* _DESCRIPTION OF THE TASK_: Whenever a line of the data below holds the string "IfErr", copy that line.

====================

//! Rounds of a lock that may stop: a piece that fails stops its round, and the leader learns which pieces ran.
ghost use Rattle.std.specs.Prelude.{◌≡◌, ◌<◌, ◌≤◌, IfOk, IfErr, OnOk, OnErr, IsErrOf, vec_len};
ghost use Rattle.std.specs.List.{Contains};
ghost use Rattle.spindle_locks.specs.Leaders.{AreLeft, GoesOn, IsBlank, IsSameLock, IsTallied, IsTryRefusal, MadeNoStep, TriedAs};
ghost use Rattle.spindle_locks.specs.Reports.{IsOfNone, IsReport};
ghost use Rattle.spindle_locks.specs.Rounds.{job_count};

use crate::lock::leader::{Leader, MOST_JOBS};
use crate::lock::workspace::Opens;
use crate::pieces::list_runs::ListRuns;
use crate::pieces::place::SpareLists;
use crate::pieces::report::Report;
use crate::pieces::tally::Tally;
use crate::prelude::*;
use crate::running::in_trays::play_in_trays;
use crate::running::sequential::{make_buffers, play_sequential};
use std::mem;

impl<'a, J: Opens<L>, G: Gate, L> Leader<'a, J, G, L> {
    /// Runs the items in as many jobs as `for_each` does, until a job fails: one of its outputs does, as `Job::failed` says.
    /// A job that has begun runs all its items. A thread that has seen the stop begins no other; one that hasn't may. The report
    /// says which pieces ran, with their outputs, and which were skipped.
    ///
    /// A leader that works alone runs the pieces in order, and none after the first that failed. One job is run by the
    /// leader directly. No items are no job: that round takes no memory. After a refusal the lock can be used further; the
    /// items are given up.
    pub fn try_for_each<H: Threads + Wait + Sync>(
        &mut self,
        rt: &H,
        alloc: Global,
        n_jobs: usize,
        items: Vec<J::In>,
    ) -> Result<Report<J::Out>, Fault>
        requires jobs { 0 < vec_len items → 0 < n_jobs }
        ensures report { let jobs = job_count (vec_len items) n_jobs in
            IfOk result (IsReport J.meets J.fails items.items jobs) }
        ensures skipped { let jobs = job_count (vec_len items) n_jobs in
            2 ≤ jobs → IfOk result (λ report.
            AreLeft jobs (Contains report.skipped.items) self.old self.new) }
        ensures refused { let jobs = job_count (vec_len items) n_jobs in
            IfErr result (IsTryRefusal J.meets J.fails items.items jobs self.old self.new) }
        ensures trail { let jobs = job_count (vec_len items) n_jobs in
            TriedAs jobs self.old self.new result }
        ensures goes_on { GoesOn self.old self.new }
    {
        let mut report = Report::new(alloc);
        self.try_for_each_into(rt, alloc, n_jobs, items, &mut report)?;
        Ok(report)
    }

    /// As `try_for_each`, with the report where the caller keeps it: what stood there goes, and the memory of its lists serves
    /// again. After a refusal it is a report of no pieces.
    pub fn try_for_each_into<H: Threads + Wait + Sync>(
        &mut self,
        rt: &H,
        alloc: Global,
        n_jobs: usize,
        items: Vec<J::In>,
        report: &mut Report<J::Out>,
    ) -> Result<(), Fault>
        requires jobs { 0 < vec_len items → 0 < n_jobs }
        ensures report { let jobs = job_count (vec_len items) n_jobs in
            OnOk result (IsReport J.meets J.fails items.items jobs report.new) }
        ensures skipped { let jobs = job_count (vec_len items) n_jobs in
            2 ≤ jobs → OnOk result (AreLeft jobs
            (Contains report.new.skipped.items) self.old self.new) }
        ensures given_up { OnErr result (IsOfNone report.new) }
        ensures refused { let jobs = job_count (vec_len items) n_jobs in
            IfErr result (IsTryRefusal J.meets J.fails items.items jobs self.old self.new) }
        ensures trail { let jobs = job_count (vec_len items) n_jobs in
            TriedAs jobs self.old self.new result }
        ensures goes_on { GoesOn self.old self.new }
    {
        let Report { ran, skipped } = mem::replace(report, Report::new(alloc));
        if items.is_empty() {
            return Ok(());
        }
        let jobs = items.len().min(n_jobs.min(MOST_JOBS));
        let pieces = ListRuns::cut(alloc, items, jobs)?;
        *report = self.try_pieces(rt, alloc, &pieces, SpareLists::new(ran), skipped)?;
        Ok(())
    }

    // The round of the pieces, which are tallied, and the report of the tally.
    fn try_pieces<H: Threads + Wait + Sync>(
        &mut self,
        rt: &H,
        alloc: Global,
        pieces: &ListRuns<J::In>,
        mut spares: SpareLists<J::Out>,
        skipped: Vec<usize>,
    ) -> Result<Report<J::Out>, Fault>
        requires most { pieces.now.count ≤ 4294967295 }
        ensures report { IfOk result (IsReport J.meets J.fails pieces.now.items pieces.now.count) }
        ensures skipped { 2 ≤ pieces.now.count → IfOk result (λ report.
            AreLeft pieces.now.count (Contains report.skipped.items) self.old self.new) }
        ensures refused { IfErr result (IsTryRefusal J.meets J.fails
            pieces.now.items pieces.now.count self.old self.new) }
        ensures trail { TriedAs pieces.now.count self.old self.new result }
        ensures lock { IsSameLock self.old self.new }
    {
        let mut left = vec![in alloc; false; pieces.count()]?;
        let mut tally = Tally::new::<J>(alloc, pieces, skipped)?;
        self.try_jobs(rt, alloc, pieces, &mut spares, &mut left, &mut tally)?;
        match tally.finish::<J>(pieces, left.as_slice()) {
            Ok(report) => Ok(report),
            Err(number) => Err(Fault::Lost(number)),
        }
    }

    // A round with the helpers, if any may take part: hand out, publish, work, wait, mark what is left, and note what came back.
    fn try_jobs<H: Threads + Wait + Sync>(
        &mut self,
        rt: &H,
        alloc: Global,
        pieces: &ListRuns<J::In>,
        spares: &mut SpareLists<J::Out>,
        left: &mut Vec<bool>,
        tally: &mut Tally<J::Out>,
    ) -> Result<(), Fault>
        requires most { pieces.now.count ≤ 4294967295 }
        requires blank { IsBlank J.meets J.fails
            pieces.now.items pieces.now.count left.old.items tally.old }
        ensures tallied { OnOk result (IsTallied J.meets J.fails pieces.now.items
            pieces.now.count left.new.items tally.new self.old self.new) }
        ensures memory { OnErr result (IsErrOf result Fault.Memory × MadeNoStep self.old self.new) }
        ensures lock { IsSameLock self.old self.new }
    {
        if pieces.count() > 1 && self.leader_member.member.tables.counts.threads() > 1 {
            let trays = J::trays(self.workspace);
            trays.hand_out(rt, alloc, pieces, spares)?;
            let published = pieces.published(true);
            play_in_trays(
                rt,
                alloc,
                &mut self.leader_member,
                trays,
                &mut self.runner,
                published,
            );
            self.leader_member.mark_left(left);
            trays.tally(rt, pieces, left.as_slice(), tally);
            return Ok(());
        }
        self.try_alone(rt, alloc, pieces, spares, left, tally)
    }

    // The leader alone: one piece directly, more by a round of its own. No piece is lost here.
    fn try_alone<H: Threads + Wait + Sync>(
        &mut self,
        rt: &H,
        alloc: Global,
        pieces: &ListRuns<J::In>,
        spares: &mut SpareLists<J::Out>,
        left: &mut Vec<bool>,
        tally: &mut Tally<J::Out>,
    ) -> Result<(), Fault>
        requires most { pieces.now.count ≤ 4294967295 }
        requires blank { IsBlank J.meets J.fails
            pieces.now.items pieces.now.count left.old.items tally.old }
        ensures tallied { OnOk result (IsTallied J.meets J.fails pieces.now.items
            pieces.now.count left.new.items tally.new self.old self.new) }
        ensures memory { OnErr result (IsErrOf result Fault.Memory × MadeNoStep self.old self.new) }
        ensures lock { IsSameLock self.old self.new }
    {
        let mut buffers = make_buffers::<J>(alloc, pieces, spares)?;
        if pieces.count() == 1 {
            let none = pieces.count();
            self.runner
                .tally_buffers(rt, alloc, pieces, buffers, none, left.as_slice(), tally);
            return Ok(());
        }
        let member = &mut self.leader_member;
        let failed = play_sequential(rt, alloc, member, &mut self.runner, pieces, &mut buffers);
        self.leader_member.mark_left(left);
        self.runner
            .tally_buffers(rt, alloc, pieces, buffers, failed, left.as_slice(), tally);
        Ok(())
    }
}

====================

* _OUTPUT OF THE TASK_:
ghost use Rattle.std.specs.Prelude.{◌≡◌, ◌<◌, ◌≤◌, IfOk, IfErr, OnOk, OnErr, IsErrOf, vec_len};
            IfErr result (IsTryRefusal J.meets J.fails items.items jobs self.old self.new) }
            IfErr result (IsTryRefusal J.meets J.fails items.items jobs self.old self.new) }
        ensures refused { IfErr result (IsTryRefusal J.meets J.fails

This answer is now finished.